### Task to carry out
Where a line in the records below includes "most", pull that line out.

### Data for the task
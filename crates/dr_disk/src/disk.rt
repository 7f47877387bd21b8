ghost use Rattle.std.specs.Prelude.{◌≡◌, ◌+◌, ◌≤◌, ℕ, List, Option, Some, length, take, drop, OnOk, IfOk, is_some};
ghost use Rattle.std.specs.Option.{ForSome, option_map};
ghost use Rattle.dr_base.specs.Causes.{HasCause};
ghost use Rattle.dr_disk.specs.Disk.{written, Torn, Cut, NoOther, Follows, OnlyOne};

use dr_base::Failed;

/// The greatest limit that a disk may have, in bytes.
pub const GREATEST_LIMIT: u64 = 67_108_864;

/// A disk of one file. What is said of its bytes holds where the disk tells them.
///
/// A call that answers `Failed` counts a fault, and leaves what an unfinished call may leave.
pub trait Disk {
    /// The bytes that it reads, where it tells them.
    ghost reads: { Self → Option (List ℕ) };

    /// What a restart may find. Of a disk that doesn't tell its bytes, no file is in this set.
    ghost images: { Self → List ℕ → Type 0 };

    /// The greatest length in bytes.
    ghost limit: { Self → ℕ };

    /// How many of its calls failed.
    ghost faults: { Self → ℕ };

    /// The greatest length in bytes, from 17 to 67,108,864. It never changes.
    fn limit(&self) -> u64
        ensures value { result ≡ limit self.now }
        ensures least { 17 ≤ result }
        ensures most { result ≤ GREATEST_LIMIT };

    /// How many bytes the file has.
    fn len(&mut self) -> Result<u64, Failed>
        ensures value { ForSome (reads self.old) (λ file. IfOk result (λ n. n ≡ length file)) }
        ensures fits { IfOk result (λ n. n ≤ limit self.old) }
        ensures same { reads self.new ≡ reads self.old }
        ensures images { NoOther (images self.old) (images self.new) }
        ensures limit { limit self.new ≡ limit self.old }
        ensures cause { HasCause (faults self.old) (faults self.new) result };

    /// Fills `buf` with the bytes from `at` on. After an `Err` the buffer may hold anything.
    fn read_at(&mut self, at: u64, buf: &mut [u8]) -> Result<(), Failed>
        requires { ForSome (reads self.old) (λ file. at + length buf.old ≤ length file) }
        ensures bytes { ForSome (reads self.old) (λ file.
            OnOk result (buf.new ≡ take (length buf.old) (drop at file))) }
        ensures same { reads self.new ≡ reads self.old }
        ensures images { NoOther (images self.old) (images self.new) }
        ensures limit { limit self.new ≡ limit self.old }
        ensures cause { HasCause (faults self.old) (faults self.new) result };

    /// Writes these bytes at `at`, over what stands there and past the end. Until a sync, a restart
    /// may find any bytes in their range, and any length from the old to the new one.
    fn write_at(&mut self, at: u64, bytes: &[u8]) -> Result<(), Failed>
        requires inside { ForSome (reads self.old) (λ file. at ≤ length file) }
        requires fits { at + length bytes.now ≤ limit self.old }
        ensures written { OnOk result
            (reads self.new ≡ option_map (written at bytes.now) (reads self.old)) }
        ensures tells { is_some (reads self.new) ≡ is_some (reads self.old) }
        ensures images { Follows (Torn at (length bytes.now)) (images self.old) (images self.new) }
        ensures limit { limit self.new ≡ limit self.old }
        ensures cause { HasCause (faults self.old) (faults self.new) result };

    /// Leaves the first `len` bytes. Until a sync, a restart may find a longer front of the file.
    fn cut(&mut self, len: u64) -> Result<(), Failed>
        requires { ForSome (reads self.old) (λ file. len ≤ length file) }
        ensures cut { OnOk result (reads self.new ≡ option_map (take len) (reads self.old)) }
        ensures tells { is_some (reads self.new) ≡ is_some (reads self.old) }
        ensures images { Follows (Cut len) (images self.old) (images self.new) }
        ensures limit { limit self.new ≡ limit self.old }
        ensures cause { HasCause (faults self.old) (faults self.new) result };

    /// Keeps what the disk reads: from then on a restart finds just that.
    fn sync(&mut self) -> Result<(), Failed>
        ensures one { OnOk result (OnlyOne (images self.new) (reads self.old)) }
        ensures same { reads self.new ≡ reads self.old }
        ensures images { NoOther (images self.old) (images self.new) }
        ensures limit { limit self.new ≡ limit self.old }
        ensures cause { HasCause (faults self.old) (faults self.new) result };

    /// What the disk reads is one of its images.
    ghost finds: { (disk : Self) (file : List ℕ) → reads disk ≡ Some file → images disk file };
}
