ghost use Rattle.std.specs.Prelude.{◌≡◌, ◌+◌, ◌≤◌, false, length, codes, IfOk, IsOk, OnErr, IsErr, is_err};
ghost use Rattle.dr_base.specs.Causes.{count_after, HasCause};
ghost use Rattle.dr_disk.specs.Files.{length_told, folder_of, FailsAfter};

use crate::{Disk, GREATEST_LIMIT};
use dr_base::Failed;
use std::fs::{Metadata, OpenFile, OpenOptions};
use std::io;
use std::io::{Read, Seek, SeekFrom, Write};
use std::path::Path;
use std::rt::Files;

/// A file of the system as a disk, of at most 67,108,864 bytes. It is kept open, counts the calls
/// that fail, and tells nothing of its bytes.
///
/// Once a sync has failed, each call fails, until the file is opened anew: the system may have
/// dropped what it couldn't write and count it as written, so a later sync that succeeds would say
/// nothing. It may also still show what it dropped, to a new opening too: before that the file is
/// copied, and the copy synced and put in its place.
#[derive(Debug, Drop)]
pub struct FileDisk<H> {
    file: H,
    faults: u64,
    sync_failed: bool,
}

/// The least length of a file that isn't taken for a new one: what is shorter has no record.
const KEPT_LENGTH: u64 = 18;

impl<H> FileDisk<H> {
    /// Opens the file at this path, and makes an empty one where there is none. The name of a file
    /// that is new, or has fewer than 18 bytes, is kept too: the folder that holds it is synced.
    /// `Failed` where the system refuses any of that, or the file is longer than 67,108,864 bytes.
    pub fn open<F: Files<File = H>>(rt: &F, path: &str) -> Result<FileDisk<H>, Failed>
    where
        H: OpenFile + Drop,
        ensures faults { IfOk result (λ disk. disk.faults ≡ 0) }
        ensures usable { IfOk result (λ disk. disk.sync_failed ≡ false) }
    {
        let mut how = OpenOptions::new();
        how.read(true).write(true).create(true);
        let Ok(file) = how.open(rt, path) else {
            return Err(Failed);
        };
        let told = file.metadata();
        disk_over(rt, path, file, told)
    }
}

// A disk over an open file, by what the system told of it.
fn disk_over<F: Files>(
    rt: &F,
    path: &str,
    file: F::File,
    told: io::Result<Metadata>,
) -> Result<FileDisk<F::File>, Failed>
    ensures faults { IfOk result (λ disk. disk.faults ≡ 0) }
    ensures usable { IfOk result (λ disk. disk.sync_failed ≡ false) }
    ensures refused { OnErr (length_told told) (IsErr result) }
    ensures taken { IfOk (length_told told) (λ n. KEPT_LENGTH ≤ n → IsOk result) }
{
    let length = length_told(told)?;
    if length < KEPT_LENGTH {
        sync_folder(rt, folder_of(path))?;
    }
    Ok(FileDisk {
        file,
        faults: 0,
        sync_failed: false,
    })
}

fn length_told(told: io::Result<Metadata>) -> Result<u64, Failed>
    ensures { result ≡ length_told told }
{
    match told {
        Ok(data) if data.len() <= GREATEST_LIMIT => Ok(data.len()),
        _ => Err(Failed),
    }
}

fn folder_of(path: &str) -> &str
    ensures { result.now ≡ folder_of path.now }
{
    match Path::new(path).parent() {
        Some(folder) if !folder.as_str().is_empty() => folder.as_str(),
        _ => ".",
    }
}

// Has the system keep which files the folder at this path holds.
fn sync_folder<F: Files>(rt: &F, path: &str) -> Result<(), Failed> {
    let mut how = OpenOptions::new();
    how.read(true);
    let Ok(folder) = how.open(rt, path) else {
        return Err(Failed);
    };
    match folder.sync_all() {
        Ok(()) => Ok(()),
        Err(_) => Err(Failed),
    }
}

fn read<H: Read + Seek>(file: &mut H, at: u64, buf: &mut [u8]) -> io::Result<()> {
    file.seek(SeekFrom::Start(at))?;
    file.read_exact(buf)
}

fn write<H: Write + Seek>(file: &mut H, at: u64, bytes: &[u8]) -> io::Result<()> {
    file.seek(SeekFrom::Start(at))?;
    file.write_all(bytes)?;
    file.flush()
}

// Counts an error as a fault.
fn counted<T: Drop, E: Drop>(faults: &mut u64, outcome: Result<T, E>) -> Result<T, Failed>
    ensures cause { HasCause faults.old faults.new result }
    ensures count { faults.new ≡ count_after (is_err result) faults.old }
    ensures failed { is_err result ≡ is_err outcome }
    ensures value { IfOk result (λ value. outcome ≡ Ok value) }
{
    match outcome {
        Ok(value) => Ok(value),
        Err(_) => {
            *faults = faults.saturating_add(1);
            Err(Failed)
        }
    }
}

// Fails, and counts that, where a sync has failed.
fn check_usable(sync_failed: bool, faults: &mut u64) -> Result<(), Failed>
    ensures cause { HasCause faults.old faults.new result }
    ensures count { faults.new ≡ count_after (is_err result) faults.old }
    ensures failed { is_err result ≡ sync_failed }
{
    counted(faults, if sync_failed { Err(Failed) } else { Ok(()) })
}

impl<H: Read + Write + Seek + OpenFile> Disk for FileDisk<H> {
    ghost use Rattle.std.specs.Prelude.{None};
    ghost use Rattle.std.proofs.lemmas.Option.{none-some};
    ghost use Rattle.dr_disk.specs.declared.disk.TheConstants.{GREATEST_LIMIT};

    ghost reads = { λ disk. None };

    ghost images = { λ disk file. ⊥ };

    ghost limit = { λ disk. GREATEST_LIMIT };

    ghost faults = { λ disk. disk.faults };

    ghost finds = { λ disk file is. none-some file is };

    fn limit(&self) -> u64
        ensures { result ≡ GREATEST_LIMIT }
    {
        GREATEST_LIMIT
    }

    /// One look at the file's length. A file that has grown past the limit counts as a fault.
    fn len(&mut self) -> Result<u64, Failed>
        ensures fits { IfOk result (λ n. n ≤ GREATEST_LIMIT) }
        ensures cause { HasCause self.old.faults self.new.faults result }
        ensures count { self.new.faults ≡ count_after (is_err result) self.old.faults }
        ensures failed { FailsAfter self.old.sync_failed result }
        ensures latch { self.new.sync_failed ≡ self.old.sync_failed }
    {
        check_usable(self.sync_failed, &mut self.faults)?;
        counted(&mut self.faults, length_told(self.file.metadata()))
    }

    /// One seek and one read, or more reads where the system gives fewer bytes. The end of the file
    /// within the range counts as a fault.
    fn read_at(&mut self, at: u64, buf: &mut [u8]) -> Result<(), Failed>
        ensures cause { HasCause self.old.faults self.new.faults result }
        ensures count { self.new.faults ≡ count_after (is_err result) self.old.faults }
        ensures failed { FailsAfter self.old.sync_failed result }
        ensures latch { self.new.sync_failed ≡ self.old.sync_failed }
    {
        check_usable(self.sync_failed, &mut self.faults)?;
        counted(&mut self.faults, read(&mut self.file, at, buf))
    }

    /// One seek and one write, or more writes where the system takes fewer bytes.
    fn write_at(&mut self, at: u64, bytes: &[u8]) -> Result<(), Failed>
        requires { at + length bytes.now ≤ GREATEST_LIMIT }
        ensures cause { HasCause self.old.faults self.new.faults result }
        ensures count { self.new.faults ≡ count_after (is_err result) self.old.faults }
        ensures failed { FailsAfter self.old.sync_failed result }
        ensures latch { self.new.sync_failed ≡ self.old.sync_failed }
    {
        check_usable(self.sync_failed, &mut self.faults)?;
        counted(&mut self.faults, write(&mut self.file, at, bytes))
    }

    /// One call that sets the file's length.
    fn cut(&mut self, len: u64) -> Result<(), Failed>
        ensures cause { HasCause self.old.faults self.new.faults result }
        ensures count { self.new.faults ≡ count_after (is_err result) self.old.faults }
        ensures failed { FailsAfter self.old.sync_failed result }
        ensures latch { self.new.sync_failed ≡ self.old.sync_failed }
    {
        check_usable(self.sync_failed, &mut self.faults)?;
        counted(&mut self.faults, self.file.set_len(len))
    }

    /// One call that has the system keep the file's bytes and its length. Once it has failed, each
    /// call fails.
    fn sync(&mut self) -> Result<(), Failed>
        ensures cause { HasCause self.old.faults self.new.faults result }
        ensures count { self.new.faults ≡ count_after (is_err result) self.old.faults }
        ensures failed { FailsAfter self.old.sync_failed result }
        ensures latch { self.new.sync_failed ≡ is_err result }
    {
        check_usable(self.sync_failed, &mut self.faults)?;
        let outcome = counted(&mut self.faults, self.file.sync_data());
        self.sync_failed = outcome.is_err();
        outcome
    }
}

### Exercise solution
        ensures most { result ≤ GREATEST_LIMIT };
/// A file of the system as a disk, of at most 67,108,864 bytes. It is kept open, counts the calls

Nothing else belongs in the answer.